= Work request =
Exactly reproduce the data from its first line through the line with "#![tactic(auto)]", leaving out every line after it.

Stored data:
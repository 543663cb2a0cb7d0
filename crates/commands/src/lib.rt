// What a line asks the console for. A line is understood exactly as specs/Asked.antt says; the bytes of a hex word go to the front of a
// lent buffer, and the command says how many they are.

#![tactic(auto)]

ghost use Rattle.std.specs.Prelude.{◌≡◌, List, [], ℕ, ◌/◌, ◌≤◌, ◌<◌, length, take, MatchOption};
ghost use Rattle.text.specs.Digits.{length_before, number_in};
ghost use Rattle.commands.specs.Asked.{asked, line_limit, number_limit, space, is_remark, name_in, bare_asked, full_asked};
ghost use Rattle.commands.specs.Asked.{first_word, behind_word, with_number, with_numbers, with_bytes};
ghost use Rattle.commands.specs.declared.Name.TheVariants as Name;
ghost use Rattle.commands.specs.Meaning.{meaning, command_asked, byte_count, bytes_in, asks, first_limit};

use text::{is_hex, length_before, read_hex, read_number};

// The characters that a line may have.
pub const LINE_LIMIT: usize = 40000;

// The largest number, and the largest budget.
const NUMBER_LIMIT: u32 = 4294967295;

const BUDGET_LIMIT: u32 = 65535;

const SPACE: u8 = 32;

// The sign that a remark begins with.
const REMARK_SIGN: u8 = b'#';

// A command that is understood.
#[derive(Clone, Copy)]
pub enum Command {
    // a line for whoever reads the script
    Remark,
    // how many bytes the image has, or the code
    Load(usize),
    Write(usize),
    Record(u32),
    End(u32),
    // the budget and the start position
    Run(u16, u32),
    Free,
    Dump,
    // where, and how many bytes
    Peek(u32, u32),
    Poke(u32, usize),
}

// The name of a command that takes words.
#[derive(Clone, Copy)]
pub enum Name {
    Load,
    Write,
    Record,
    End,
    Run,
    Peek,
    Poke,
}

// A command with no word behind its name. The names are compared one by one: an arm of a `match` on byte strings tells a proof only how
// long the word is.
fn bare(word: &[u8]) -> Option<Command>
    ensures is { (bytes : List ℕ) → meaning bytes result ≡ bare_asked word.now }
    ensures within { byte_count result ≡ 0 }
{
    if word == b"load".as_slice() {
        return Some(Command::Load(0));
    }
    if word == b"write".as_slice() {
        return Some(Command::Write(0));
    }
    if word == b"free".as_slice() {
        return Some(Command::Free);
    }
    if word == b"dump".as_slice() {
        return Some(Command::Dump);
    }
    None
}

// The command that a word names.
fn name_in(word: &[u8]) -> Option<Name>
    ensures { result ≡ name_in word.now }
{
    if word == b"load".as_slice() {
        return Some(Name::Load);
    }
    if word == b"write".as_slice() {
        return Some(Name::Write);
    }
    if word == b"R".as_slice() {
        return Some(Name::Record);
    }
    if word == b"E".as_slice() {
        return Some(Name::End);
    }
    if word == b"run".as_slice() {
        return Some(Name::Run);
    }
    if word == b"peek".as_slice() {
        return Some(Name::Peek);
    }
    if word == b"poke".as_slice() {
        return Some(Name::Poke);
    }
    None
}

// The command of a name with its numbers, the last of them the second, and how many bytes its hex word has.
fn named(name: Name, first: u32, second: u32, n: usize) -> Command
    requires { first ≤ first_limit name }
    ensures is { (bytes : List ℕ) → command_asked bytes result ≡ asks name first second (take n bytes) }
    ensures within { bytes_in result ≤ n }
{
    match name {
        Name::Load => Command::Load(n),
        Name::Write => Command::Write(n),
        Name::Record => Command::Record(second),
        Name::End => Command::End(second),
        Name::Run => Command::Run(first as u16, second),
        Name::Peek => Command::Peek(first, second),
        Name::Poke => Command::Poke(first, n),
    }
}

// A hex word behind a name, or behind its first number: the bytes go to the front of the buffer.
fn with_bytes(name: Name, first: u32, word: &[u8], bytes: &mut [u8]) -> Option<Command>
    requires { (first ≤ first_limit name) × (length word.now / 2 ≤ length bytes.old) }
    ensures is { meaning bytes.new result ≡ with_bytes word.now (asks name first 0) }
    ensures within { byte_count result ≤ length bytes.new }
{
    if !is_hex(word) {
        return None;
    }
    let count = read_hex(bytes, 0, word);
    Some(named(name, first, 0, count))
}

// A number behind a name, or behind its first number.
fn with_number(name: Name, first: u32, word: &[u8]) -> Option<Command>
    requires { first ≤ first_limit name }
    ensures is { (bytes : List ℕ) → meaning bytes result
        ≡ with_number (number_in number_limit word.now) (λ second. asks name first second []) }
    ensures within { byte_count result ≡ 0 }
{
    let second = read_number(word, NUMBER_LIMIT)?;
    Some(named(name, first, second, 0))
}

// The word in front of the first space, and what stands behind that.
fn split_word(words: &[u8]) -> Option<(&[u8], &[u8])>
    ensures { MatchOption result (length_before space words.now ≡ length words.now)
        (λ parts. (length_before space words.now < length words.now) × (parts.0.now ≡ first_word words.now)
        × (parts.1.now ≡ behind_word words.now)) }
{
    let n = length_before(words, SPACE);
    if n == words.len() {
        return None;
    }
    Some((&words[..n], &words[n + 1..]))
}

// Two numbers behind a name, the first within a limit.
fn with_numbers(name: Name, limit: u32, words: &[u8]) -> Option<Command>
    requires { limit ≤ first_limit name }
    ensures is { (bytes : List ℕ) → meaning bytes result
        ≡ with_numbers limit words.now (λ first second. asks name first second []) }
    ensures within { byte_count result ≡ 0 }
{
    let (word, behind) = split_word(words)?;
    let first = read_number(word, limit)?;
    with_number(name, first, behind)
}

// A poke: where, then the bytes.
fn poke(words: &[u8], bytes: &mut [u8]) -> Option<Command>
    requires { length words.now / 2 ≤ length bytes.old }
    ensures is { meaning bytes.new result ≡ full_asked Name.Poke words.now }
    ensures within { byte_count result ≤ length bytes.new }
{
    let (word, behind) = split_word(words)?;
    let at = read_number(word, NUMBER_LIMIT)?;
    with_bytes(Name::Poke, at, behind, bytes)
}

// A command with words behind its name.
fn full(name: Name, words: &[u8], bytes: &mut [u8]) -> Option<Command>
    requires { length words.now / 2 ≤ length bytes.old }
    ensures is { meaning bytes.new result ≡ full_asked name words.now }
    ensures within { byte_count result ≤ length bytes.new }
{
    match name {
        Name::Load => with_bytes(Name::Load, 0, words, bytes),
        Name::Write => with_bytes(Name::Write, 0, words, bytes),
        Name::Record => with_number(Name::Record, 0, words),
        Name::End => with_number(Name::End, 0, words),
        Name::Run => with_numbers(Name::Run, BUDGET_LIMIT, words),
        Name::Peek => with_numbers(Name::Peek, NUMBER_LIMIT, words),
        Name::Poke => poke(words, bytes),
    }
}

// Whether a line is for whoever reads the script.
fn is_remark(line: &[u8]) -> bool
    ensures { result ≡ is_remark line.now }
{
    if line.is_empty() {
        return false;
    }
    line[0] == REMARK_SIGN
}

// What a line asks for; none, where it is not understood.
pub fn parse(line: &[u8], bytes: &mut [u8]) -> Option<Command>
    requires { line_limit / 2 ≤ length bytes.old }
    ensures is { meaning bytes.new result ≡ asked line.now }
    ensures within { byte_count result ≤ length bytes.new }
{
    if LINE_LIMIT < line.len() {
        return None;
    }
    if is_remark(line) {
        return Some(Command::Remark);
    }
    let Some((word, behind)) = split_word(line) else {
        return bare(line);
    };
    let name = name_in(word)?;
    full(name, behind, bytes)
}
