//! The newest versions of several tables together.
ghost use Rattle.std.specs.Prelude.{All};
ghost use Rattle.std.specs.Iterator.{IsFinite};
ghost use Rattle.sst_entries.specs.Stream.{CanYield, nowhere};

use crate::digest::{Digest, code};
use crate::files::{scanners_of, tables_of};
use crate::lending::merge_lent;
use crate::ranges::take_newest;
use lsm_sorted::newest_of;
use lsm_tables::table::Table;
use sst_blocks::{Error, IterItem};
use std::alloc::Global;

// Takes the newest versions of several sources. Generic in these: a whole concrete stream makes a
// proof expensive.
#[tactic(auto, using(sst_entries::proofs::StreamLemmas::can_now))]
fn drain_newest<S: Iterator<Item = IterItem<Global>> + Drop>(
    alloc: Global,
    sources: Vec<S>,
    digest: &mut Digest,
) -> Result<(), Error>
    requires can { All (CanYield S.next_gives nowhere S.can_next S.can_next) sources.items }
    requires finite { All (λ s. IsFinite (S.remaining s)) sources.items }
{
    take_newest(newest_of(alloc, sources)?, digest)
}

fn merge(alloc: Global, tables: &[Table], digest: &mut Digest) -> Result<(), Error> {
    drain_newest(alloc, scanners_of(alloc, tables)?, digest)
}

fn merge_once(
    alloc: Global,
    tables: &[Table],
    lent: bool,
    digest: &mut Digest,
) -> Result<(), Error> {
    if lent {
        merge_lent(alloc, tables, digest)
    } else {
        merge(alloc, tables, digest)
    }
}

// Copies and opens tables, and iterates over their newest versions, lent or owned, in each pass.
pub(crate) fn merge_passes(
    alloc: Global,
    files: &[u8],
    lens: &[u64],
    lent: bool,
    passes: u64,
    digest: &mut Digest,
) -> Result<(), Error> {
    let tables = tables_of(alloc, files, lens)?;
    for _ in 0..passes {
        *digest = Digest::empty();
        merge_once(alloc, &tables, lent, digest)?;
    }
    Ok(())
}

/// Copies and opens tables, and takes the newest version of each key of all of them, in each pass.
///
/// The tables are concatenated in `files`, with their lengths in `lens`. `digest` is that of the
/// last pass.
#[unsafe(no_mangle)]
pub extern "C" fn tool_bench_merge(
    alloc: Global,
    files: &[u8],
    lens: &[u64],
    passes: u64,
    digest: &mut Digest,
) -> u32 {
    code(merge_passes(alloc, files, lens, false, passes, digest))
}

= Exercise answer =
repository 543663cb2a0cb7d0
filename crates/commands/src/lib.rt
// What a line asks the console for. A line is understood exactly as specs/Asked.antt says; the bytes of a hex word go to the front of a
// lent buffer, and the command says how many they are.

#![tactic(auto)]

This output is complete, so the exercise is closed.